**PROBLEM STATEMENT:** Beneath this task are records; print exactly the stretch of them from the line with "let size = u32_at(block, 0xa0) as usize;" through the line with "Answers (λ rows.", both ends included.

.....

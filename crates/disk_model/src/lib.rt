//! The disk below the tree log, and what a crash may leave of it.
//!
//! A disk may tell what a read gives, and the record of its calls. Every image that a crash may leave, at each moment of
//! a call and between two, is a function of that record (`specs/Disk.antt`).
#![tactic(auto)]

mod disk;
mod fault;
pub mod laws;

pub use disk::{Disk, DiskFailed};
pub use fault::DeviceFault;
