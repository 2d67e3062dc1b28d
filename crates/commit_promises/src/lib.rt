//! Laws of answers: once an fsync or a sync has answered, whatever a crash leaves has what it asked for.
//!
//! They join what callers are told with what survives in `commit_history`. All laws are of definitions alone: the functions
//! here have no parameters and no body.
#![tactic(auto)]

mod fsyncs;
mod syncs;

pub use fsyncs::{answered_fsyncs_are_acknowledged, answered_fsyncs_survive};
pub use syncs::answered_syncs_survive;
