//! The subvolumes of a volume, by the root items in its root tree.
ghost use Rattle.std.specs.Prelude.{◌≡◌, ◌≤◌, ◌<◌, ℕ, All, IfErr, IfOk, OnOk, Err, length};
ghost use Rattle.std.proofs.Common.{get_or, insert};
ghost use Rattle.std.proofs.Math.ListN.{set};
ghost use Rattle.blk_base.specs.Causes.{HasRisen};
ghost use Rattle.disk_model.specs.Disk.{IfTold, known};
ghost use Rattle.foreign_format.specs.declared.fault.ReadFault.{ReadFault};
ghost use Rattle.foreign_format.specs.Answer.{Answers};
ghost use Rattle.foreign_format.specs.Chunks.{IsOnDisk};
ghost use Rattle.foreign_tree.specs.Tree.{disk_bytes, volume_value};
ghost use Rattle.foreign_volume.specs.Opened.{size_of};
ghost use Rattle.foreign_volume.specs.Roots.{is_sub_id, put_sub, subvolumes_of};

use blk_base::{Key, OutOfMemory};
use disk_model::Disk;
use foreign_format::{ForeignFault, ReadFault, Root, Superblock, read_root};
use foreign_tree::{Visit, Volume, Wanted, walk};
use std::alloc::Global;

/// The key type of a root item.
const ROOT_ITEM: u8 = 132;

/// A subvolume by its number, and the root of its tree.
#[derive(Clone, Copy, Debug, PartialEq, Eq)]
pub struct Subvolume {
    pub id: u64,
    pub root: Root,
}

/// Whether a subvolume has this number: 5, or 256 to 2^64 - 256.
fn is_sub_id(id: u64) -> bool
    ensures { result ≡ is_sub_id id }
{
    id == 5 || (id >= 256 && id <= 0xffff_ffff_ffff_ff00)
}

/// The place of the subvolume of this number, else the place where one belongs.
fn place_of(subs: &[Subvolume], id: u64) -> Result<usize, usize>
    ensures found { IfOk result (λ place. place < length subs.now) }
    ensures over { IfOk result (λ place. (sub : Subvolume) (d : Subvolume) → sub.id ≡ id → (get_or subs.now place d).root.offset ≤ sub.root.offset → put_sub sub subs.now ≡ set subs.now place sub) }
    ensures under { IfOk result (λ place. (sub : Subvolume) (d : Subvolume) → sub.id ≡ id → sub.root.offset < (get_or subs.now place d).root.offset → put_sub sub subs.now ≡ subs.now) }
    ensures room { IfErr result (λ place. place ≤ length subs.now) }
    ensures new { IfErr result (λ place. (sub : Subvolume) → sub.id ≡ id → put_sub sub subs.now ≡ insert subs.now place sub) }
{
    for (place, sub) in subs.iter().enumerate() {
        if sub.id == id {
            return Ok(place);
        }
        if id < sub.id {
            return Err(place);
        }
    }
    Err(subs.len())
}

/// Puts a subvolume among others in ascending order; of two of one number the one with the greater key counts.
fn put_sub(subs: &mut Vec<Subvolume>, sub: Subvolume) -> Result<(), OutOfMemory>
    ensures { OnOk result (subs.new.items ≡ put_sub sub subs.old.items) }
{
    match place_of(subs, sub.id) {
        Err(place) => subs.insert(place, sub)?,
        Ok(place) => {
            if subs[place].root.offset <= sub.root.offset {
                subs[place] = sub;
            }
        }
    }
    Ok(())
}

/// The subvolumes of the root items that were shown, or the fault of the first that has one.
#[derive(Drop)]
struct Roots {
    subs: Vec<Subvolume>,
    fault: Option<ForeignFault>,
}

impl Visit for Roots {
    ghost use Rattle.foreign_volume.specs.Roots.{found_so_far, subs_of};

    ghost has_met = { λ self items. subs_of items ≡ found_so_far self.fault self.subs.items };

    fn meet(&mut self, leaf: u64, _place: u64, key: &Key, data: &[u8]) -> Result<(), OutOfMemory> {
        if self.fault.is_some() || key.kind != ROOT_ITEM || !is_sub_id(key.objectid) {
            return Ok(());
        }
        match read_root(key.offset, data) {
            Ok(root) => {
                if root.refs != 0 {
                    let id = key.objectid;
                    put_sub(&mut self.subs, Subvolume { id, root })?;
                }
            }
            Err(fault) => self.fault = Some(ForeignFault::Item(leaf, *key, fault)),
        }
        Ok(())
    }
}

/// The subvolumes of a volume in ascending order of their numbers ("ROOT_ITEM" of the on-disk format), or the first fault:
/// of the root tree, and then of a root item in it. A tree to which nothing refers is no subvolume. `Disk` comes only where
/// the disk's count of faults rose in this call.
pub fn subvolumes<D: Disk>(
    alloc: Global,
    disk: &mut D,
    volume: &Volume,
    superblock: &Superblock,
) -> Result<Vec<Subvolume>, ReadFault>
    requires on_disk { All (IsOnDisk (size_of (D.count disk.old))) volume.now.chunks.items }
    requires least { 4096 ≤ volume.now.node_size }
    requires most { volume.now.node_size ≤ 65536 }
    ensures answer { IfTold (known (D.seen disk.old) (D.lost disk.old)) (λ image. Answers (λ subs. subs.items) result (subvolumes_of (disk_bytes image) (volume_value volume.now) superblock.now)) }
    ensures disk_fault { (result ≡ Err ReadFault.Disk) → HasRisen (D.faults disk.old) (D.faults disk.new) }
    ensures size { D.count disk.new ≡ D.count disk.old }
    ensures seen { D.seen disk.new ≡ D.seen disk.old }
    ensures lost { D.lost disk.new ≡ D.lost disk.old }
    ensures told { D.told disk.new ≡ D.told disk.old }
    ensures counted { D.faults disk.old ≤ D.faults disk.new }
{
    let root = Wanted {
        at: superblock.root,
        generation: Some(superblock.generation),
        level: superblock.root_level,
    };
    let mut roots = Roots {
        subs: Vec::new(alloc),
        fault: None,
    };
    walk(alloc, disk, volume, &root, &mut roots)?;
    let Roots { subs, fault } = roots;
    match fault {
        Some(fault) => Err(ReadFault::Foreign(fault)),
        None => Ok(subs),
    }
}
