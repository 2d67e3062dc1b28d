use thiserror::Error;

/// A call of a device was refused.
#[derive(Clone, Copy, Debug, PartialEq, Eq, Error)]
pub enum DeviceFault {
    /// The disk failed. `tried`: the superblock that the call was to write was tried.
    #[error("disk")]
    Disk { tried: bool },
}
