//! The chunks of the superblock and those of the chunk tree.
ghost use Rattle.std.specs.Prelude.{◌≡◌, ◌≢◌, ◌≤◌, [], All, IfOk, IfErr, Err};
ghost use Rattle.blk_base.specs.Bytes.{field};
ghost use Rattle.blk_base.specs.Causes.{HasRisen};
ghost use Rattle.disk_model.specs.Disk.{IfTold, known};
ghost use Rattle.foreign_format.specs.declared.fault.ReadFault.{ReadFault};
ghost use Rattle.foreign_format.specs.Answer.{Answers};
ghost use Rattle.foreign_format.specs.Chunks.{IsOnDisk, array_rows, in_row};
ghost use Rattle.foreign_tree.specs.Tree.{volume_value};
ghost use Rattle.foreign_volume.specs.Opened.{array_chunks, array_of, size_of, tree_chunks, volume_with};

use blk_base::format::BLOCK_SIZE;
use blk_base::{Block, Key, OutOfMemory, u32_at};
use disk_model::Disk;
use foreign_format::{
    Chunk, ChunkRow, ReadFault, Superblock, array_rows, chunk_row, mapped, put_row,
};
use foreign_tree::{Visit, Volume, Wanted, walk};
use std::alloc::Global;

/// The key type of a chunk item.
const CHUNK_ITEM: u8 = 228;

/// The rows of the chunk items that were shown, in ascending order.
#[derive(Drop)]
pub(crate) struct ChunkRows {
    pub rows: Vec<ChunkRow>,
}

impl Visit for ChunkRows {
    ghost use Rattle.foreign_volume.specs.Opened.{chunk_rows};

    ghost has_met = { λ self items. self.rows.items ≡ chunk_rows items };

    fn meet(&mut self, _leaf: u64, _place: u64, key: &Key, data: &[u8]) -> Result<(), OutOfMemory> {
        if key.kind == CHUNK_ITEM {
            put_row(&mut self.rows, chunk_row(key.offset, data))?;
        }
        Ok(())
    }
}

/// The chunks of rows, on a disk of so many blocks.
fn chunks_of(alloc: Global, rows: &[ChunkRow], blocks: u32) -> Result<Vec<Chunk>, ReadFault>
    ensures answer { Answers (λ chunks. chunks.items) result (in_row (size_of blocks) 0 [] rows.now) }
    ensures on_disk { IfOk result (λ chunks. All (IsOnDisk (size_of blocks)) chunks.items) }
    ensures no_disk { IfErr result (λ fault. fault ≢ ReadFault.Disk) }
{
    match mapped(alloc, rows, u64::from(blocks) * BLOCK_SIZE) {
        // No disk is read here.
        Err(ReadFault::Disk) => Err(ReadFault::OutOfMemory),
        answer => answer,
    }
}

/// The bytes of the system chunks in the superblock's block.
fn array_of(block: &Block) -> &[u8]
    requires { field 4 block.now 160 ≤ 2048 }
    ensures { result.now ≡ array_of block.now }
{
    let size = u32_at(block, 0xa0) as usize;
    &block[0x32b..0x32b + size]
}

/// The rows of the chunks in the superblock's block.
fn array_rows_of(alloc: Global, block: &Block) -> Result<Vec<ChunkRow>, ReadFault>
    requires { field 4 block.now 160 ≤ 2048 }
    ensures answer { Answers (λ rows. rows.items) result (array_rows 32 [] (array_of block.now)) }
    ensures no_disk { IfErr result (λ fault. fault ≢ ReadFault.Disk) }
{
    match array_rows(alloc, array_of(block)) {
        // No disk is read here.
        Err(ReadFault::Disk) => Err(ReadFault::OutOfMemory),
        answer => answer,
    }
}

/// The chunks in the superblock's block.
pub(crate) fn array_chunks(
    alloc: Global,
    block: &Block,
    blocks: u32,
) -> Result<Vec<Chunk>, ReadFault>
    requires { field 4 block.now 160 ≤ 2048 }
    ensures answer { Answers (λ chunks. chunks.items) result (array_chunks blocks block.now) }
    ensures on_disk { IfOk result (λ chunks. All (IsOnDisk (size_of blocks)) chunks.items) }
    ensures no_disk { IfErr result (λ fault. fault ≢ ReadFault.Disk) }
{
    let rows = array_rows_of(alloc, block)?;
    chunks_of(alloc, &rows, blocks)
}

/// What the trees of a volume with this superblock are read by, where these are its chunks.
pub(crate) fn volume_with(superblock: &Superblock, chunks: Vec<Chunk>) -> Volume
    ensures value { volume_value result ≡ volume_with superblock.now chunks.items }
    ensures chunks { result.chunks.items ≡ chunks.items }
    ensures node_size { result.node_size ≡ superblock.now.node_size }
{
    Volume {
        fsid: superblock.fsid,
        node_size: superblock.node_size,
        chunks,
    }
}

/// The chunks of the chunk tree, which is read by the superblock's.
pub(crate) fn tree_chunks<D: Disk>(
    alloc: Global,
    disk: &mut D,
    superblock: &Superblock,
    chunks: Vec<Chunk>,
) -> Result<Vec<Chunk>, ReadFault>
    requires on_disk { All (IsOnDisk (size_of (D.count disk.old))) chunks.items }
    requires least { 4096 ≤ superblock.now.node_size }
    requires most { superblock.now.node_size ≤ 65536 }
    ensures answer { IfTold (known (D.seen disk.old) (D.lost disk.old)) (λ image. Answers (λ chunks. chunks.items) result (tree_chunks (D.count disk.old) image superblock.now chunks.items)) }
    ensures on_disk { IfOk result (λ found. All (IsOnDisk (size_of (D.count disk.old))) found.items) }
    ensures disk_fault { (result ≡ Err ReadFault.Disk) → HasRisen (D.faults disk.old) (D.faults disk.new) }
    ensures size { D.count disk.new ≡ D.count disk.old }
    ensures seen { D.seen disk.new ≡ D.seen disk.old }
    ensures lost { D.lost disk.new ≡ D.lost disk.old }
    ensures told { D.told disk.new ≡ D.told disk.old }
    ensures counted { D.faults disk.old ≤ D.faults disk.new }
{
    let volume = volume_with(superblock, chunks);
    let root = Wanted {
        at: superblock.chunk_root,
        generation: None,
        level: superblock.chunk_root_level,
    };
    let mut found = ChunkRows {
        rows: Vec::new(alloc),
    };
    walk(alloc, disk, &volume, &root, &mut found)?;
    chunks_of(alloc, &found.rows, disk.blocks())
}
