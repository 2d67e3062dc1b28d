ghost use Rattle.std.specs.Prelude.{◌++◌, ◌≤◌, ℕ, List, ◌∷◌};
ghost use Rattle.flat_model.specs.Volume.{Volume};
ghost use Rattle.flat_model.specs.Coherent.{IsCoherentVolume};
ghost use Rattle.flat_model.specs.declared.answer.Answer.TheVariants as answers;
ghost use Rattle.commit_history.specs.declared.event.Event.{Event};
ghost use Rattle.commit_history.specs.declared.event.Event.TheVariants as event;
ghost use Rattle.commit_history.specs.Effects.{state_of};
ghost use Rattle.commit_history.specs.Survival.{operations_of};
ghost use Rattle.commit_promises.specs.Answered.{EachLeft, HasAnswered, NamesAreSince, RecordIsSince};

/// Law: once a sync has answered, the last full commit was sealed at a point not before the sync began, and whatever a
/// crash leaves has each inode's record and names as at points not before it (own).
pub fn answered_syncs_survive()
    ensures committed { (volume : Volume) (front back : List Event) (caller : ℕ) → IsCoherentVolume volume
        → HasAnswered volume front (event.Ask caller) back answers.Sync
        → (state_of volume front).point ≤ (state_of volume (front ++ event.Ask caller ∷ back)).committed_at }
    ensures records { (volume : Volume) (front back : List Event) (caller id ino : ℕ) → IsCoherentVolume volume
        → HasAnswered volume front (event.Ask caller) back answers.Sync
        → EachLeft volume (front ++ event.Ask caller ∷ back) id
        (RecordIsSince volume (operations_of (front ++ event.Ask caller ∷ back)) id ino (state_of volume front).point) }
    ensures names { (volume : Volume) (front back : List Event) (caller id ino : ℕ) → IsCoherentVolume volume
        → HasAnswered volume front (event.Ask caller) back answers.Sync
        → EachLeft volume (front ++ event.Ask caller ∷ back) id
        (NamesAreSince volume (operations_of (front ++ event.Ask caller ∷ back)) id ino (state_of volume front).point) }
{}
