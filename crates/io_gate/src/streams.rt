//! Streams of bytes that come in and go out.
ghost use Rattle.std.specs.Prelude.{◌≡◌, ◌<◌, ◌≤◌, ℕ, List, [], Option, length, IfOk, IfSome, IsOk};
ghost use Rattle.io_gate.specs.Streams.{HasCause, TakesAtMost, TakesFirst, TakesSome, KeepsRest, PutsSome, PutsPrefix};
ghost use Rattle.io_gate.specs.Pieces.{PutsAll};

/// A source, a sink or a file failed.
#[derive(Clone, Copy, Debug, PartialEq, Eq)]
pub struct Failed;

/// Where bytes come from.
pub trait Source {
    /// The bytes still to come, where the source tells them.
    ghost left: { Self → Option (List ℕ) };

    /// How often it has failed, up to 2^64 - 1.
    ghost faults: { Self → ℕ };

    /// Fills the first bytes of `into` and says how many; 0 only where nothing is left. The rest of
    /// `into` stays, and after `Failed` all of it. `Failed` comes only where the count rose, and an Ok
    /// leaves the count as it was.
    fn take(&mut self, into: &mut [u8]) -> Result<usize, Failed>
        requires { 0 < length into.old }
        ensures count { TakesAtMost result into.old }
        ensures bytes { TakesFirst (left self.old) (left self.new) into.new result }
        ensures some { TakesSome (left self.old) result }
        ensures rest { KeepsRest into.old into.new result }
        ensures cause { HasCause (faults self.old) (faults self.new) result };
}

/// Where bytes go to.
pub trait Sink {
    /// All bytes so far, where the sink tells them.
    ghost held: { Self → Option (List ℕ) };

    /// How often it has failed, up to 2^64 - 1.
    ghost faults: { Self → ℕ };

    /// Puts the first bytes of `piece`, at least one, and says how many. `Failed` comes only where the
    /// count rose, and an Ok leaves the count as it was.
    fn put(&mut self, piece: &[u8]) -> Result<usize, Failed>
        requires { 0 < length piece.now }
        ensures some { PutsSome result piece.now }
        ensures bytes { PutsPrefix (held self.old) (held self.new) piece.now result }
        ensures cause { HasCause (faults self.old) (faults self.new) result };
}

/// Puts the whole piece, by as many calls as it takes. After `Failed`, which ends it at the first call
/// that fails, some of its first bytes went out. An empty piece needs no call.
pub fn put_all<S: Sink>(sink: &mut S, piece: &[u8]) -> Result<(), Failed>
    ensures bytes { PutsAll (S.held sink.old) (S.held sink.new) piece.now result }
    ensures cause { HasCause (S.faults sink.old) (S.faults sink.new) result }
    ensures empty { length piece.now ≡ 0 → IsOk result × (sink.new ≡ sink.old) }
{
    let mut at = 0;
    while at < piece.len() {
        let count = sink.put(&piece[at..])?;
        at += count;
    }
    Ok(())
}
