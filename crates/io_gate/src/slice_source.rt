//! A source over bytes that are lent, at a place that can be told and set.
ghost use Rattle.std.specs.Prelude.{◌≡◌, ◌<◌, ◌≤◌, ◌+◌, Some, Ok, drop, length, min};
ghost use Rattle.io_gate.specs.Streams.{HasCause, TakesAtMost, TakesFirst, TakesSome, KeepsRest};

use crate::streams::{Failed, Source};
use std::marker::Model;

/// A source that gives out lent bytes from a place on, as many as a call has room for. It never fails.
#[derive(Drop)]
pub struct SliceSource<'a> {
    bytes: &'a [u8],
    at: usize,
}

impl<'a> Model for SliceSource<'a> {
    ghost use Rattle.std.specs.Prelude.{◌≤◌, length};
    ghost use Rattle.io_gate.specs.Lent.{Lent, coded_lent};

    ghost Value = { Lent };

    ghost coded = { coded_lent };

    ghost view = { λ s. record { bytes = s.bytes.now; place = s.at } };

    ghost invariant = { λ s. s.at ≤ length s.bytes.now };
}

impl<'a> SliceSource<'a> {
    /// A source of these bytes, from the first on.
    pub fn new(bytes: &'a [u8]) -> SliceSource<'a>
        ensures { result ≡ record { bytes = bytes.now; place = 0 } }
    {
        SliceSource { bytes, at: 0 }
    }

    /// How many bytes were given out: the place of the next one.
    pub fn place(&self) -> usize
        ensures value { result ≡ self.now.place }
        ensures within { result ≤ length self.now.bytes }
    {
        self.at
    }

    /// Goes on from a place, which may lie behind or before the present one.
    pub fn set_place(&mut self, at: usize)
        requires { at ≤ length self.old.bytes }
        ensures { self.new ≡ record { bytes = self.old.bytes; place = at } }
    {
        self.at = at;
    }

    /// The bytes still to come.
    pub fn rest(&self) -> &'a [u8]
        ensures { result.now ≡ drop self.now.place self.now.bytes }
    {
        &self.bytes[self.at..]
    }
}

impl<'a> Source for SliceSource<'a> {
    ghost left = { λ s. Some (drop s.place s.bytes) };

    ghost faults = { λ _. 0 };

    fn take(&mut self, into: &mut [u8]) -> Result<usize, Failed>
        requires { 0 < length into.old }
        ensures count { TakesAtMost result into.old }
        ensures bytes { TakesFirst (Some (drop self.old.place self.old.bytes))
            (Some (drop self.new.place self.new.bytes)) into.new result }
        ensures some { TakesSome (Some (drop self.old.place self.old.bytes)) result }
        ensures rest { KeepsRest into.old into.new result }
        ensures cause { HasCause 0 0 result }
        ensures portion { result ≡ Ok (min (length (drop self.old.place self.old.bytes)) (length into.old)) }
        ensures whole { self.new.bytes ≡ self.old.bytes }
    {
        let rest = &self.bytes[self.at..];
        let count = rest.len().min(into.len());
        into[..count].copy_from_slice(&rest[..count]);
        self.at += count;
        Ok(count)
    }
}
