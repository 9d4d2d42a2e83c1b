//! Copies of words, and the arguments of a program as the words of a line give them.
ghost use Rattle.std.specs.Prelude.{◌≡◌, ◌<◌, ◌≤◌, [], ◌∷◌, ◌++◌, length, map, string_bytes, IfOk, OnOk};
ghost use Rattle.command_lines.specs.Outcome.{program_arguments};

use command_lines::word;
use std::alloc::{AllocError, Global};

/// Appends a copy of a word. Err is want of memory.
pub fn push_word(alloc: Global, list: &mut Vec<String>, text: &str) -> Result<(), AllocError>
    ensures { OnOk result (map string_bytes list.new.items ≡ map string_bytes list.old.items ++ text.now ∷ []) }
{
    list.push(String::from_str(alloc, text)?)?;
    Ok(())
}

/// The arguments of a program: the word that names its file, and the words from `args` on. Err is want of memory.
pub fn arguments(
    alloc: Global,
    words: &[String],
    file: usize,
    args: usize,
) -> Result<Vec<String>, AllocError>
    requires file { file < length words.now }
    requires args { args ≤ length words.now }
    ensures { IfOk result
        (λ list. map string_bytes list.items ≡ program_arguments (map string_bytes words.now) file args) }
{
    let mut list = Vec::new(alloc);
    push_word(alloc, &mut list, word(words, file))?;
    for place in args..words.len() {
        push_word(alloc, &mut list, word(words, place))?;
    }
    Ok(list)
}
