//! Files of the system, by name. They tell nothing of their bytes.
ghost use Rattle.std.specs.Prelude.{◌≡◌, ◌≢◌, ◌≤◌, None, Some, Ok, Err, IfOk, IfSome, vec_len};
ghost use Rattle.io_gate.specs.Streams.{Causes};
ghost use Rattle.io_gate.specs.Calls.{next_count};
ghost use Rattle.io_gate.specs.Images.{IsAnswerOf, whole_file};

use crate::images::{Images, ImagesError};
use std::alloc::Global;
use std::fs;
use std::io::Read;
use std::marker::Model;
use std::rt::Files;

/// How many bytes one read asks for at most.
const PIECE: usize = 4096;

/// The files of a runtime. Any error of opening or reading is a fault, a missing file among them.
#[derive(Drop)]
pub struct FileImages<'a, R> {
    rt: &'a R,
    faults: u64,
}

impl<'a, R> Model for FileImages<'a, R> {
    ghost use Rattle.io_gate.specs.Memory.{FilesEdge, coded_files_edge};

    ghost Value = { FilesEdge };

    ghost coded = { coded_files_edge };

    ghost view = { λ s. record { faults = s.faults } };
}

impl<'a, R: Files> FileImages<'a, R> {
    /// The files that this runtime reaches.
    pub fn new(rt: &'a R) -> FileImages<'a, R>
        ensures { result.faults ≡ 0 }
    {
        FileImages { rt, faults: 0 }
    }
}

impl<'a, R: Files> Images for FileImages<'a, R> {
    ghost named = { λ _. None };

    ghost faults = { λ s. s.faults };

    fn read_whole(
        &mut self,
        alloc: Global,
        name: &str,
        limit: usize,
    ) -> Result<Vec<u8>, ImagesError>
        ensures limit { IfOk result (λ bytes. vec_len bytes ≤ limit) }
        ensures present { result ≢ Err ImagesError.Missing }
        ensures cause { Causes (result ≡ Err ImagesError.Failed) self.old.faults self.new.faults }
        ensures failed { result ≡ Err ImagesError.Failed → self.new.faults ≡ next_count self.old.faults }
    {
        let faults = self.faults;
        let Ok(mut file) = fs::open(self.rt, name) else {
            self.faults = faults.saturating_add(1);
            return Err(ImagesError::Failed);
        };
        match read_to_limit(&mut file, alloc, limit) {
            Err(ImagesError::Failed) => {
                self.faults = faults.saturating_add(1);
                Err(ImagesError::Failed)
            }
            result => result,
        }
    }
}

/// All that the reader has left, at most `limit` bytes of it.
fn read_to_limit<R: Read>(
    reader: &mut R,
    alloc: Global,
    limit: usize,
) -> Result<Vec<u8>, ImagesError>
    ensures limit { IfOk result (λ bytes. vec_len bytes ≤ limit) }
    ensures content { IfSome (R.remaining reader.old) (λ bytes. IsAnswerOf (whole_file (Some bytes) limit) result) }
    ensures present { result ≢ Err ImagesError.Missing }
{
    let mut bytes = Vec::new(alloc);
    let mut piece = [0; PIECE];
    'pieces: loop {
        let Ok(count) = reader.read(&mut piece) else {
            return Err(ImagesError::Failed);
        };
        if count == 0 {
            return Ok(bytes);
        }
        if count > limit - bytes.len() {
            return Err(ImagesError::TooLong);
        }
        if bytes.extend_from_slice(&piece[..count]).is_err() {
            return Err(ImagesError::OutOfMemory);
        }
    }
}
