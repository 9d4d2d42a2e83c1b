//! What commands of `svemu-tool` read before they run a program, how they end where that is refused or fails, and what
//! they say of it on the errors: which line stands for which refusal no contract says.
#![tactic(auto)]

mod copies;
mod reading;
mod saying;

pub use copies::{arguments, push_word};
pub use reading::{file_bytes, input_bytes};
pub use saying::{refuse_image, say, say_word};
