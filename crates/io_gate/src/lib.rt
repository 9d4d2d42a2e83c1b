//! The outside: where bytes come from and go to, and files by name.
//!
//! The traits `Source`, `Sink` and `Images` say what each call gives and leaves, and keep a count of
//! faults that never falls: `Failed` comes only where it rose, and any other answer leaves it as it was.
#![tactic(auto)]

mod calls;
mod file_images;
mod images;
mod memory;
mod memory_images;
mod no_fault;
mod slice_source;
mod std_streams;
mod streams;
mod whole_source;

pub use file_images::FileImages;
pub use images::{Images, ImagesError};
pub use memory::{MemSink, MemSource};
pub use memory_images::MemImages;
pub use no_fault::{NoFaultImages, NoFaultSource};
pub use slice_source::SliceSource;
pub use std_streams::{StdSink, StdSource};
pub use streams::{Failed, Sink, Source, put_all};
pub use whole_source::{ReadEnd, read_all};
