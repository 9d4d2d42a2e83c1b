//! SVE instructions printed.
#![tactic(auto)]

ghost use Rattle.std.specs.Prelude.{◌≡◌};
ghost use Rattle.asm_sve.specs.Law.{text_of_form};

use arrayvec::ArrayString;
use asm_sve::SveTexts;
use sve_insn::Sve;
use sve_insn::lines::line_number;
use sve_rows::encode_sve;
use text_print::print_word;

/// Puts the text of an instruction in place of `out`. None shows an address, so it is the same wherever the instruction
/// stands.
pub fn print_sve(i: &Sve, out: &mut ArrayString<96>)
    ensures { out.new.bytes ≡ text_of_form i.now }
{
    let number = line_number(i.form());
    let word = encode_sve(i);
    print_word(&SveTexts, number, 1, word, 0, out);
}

.....

**WRITTEN REPLY:**
    let size = u32_at(block, 0xa0) as usize;
    &block[0x32b..0x32b + size]
}

/// The rows of the chunks in the superblock's block.
fn array_rows_of(alloc: Global, block: &Block) -> Result<Vec<ChunkRow>, ReadFault>
    requires { field 4 block.now 160 ≤ 2048 }
    ensures answer { Answers (λ rows. rows.items) result (array_rows 32 [] (array_of block.now)) }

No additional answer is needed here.